School of Rural Health, Faculty of Medicine Nursing and Health Sciences, Monash University, Warragul, VIC 3820, Australia.
Victorian and Tasmanian Primary Health Network Alliance, Parkville, VIC 3052, Australia.
Int J Environ Res Public Health. 2023 May 8;20(9):5747. doi: 10.3390/ijerph20095747.

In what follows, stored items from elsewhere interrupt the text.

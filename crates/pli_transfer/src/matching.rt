// Which leaves go into which.

ghost use Rattle.std.specs.Prelude.{◌≡◌, ◌&&◌, ◌==◌, length, map};
ghost use Rattle.pli_typing.specs.Assigning.{leaves_match, same_type};
ghost use Rattle.pli_typing.specs.Calls.{bounds_pass, capacity_extent, extent_passes, leaves_pass, same_number, type_passes};
ghost use Rattle.pli_typing.specs.TypedView.{bounds_of, extent_of, leaf_of, leaf_type_of};
ghost use Rattle.pli_operand.specs.Shown.{designated_of, leaf_behind};

use pli_operand::operand::Designated;
use pli_typing::typed::{Bounds, Extent, Leaf, LeafType};

fn same_number(a: i128, b: i128) -> bool
    ensures { result ≡ same_number a b }
{
    a == b
}

/// `*` takes any extent, a constant one that is equal.
pub fn extent_passes(parameter: Extent, argument: Extent) -> bool
    ensures { result ≡ extent_passes (extent_of parameter) (extent_of argument) }
{
    match (parameter, argument) {
        (Extent::Star, _) => true,
        (Extent::Constant(a), Extent::Constant(b)) => same_number(a, b),
        _ => false,
    }
}

/// A size in whole multiples of 16, where it is constant.
pub fn capacity_extent(size: Extent) -> Extent
    ensures { extent_of result ≡ capacity_extent (extent_of size) }
{
    match size {
        Extent::Constant(bytes) if bytes >= 0 => Extent::Constant(bytes / 16),
        Extent::Constant(_) | Extent::Star | Extent::Refer | Extent::Evaluated(_) => size,
    }
}

/// A leaf of the first kind takes one of the second.
pub fn type_passes(parameter: LeafType, argument: LeafType) -> bool
    ensures { result ≡ type_passes (leaf_type_of parameter) (leaf_type_of argument) }
{
    match (parameter, argument) {
        (LeafType::Fixed(p), LeafType::Fixed(q)) => p == q,
        (LeafType::Character(n), LeafType::Character(m)) => extent_passes(n, m),
        (LeafType::Varying(n), LeafType::Varying(m)) => extent_passes(n, m),
        (LeafType::Bit, LeafType::Bit) => true,
        (LeafType::Pointer, LeafType::Pointer) => true,
        (LeafType::Offset(_), LeafType::Offset(_)) => true,
        (LeafType::Area(n), LeafType::Area(m)) => {
            extent_passes(capacity_extent(n), capacity_extent(m))
        }
        _ => false,
    }
}

/// Equal kinds, whatever the lengths of texts.
pub fn same_type(target: LeafType, source: LeafType) -> bool
    ensures { result ≡ same_type (leaf_type_of target) (leaf_type_of source) }
{
    match (target, source) {
        (LeafType::Fixed(p), LeafType::Fixed(q)) => p == q,
        (LeafType::Character(_), LeafType::Character(_)) => true,
        (LeafType::Varying(_), LeafType::Varying(_)) => true,
        (LeafType::Bit, LeafType::Bit) => true,
        (LeafType::Pointer, LeafType::Pointer) => true,
        (LeafType::Offset(_), LeafType::Offset(_)) => true,
        _ => false,
    }
}

/// The bounds of a leaf for which no subscripts stand.
#[tactic(auto, using(crate::proofs::Drops::drop_map, crate::proofs::Drops::drop_past, std::proofs::lemmas::List::take_rest))]
fn bounds_behind<'b>(leaf: &'b Leaf, subscripted: usize) -> &'b [Bounds]
    ensures { map bounds_of result.now ≡ (leaf_behind subscripted (leaf_of leaf.now)).bounds }
{
    if subscripted < leaf.bounds.len() {
        &leaf.bounds[subscripted..]
    } else {
        &[]
    }
}

/// The bounds of one dimension take those of one.
fn dimension_passes(parameter: Bounds, argument: Bounds) -> bool
    ensures { result ≡ (extent_passes (bounds_of parameter).lower (bounds_of argument).lower && extent_passes (bounds_of parameter).upper (bounds_of argument).upper) }
{
    extent_passes(parameter.lower, argument.lower) && extent_passes(parameter.upper, argument.upper)
}

/// The bounds of each dimension take those of one.
pub fn bounds_pass(parameter: &[Bounds], argument: &[Bounds]) -> bool
    ensures { result ≡ bounds_pass (map bounds_of parameter.now) (map bounds_of argument.now) }
{
    let mut parameters = parameter;
    let mut arguments = argument;
    while let Some((p, more)) = parameters.split_first() {
        let Some((a, others)) = arguments.split_first() else {
            return false;
        };
        if !dimension_passes(*p, *a) {
            return false;
        }
        parameters = more;
        arguments = others;
    }
    arguments.is_empty()
}

/// A leaf takes one, each without the bounds for which subscripts stand.
fn leaf_passes(parameter: &Leaf, behind: usize, argument: &Leaf, dropped: usize) -> bool
    ensures { let p = leaf_behind behind (leaf_of parameter.now) in let a = leaf_behind dropped (leaf_of argument.now) in result ≡ (type_passes p.type a.type && bounds_pass p.bounds a.bounds) }
{
    type_passes(parameter.kind, argument.kind)
        && bounds_pass(
            bounds_behind(parameter, behind),
            bounds_behind(argument, dropped),
        )
}

/// Each leaf takes one, without the bounds for which subscripts stand.
fn all_pass(parameter: &[Leaf], behind: usize, argument: &[Leaf], dropped: usize) -> bool
    ensures { result ≡ leaves_pass (map (λ l. leaf_behind behind (leaf_of l)) parameter.now) (map (λ l. leaf_behind dropped (leaf_of l)) argument.now) }
{
    parameter.len() == argument.len()
        && !parameter
            .iter()
            .zip(argument)
            .any(|(p, a)| !leaf_passes(p, behind, a, dropped))
}

/// Each leaf of the parameter takes one of the argument.
pub fn leaves_pass(parameter: &Designated, argument: &Designated) -> bool
    ensures { result ≡ leaves_pass (designated_of parameter.now).leaves (designated_of argument.now).leaves }
{
    all_pass(
        parameter.leaves,
        parameter.subscripted,
        argument.leaves,
        argument.subscripted,
    )
}

/// Leaves of one kind, with equal numbers of dimensions for which no subscripts stand.
#[tactic(auto, using(crate::proofs::Drops::counted))]
fn leaf_matches(target: &Leaf, behind: usize, source: &Leaf, dropped: usize) -> bool
    ensures { let t = leaf_behind behind (leaf_of target.now) in let s = leaf_behind dropped (leaf_of source.now) in result ≡ (same_type t.type s.type && (length t.bounds == length s.bounds)) }
{
    same_type(target.kind, source.kind)
        && bounds_behind(target, behind).len() == bounds_behind(source, dropped).len()
}

/// Leaves of equal kinds, with equal numbers of dimensions for which no subscripts stand.
fn all_match(target: &[Leaf], behind: usize, source: &[Leaf], dropped: usize) -> bool
    ensures { result ≡ leaves_match (map (λ l. leaf_behind behind (leaf_of l)) target.now) (map (λ l. leaf_behind dropped (leaf_of l)) source.now) }
{
    target.len() == source.len()
        && !target
            .iter()
            .zip(source)
            .any(|(t, s)| !leaf_matches(t, behind, s, dropped))
}

/// Equal kinds of leaves, with equal numbers of dimensions.
pub fn leaves_match(target: &Designated, source: &Designated) -> bool
    ensures { result ≡ leaves_match (designated_of target.now).leaves (designated_of source.now).leaves }
{
    all_match(
        target.leaves,
        target.subscripted,
        source.leaves,
        source.subscripted,
    )
}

Centralized intake [CI] or single-entry models are utilized in health systems to facilitate service access by reducing waiting times. This scoping review aims to consolidate the Literature on CI service models to identify their characteristics and rationales for their use, as well as contexts in which they are used and challenges and benefits in implementing them. The review also aims to offer some lessons learned from the Literature and to make recommendations for its implementation in non-acute mental health services. The findings show that CI is mostly considered when there is increased demand for services and clients are required to navigate multiple services that operate individually. Successful models have meaningfully engaged all stakeholders from the outset and the telephone is the most common mode of intake. Recommendations are made for planning and preparation, for elements of the model, and for setting up the service network. When successfully implemented, CI has been shown to improve access and increase demand for services. However, if CI is not supported by a network of service providers who offer care that is acceptable to clients, the purpose of its implementation could be lost.
集中受理[CI]或单一入口模型被用于医疗系统中,以通过减少等候时间来方便服务的获取。本综述旨在整合关于 CI 服务模型的文献,以确定其特点和使用理由,以及其使用的背景、实施面临的挑战和收益。综述还旨在提供一些从文献中吸取的经验教训,并为非急性心理健康服务中实施 CI 提出建议。研究结果表明,当服务需求增加且客户需要单独使用多个服务时,通常会考虑采用 CI。成功的模型从一开始就充分吸引了所有利益攸关方,电话是最常见的受理方式。对规划和准备、模型要素以及服务网络的建立提出了建议。CI 若能成功实施,将有助于改善服务获取并增加服务需求。然而,如果 CI 得不到提供客户可接受服务的服务提供者网络的支持,其实施目的可能会落空。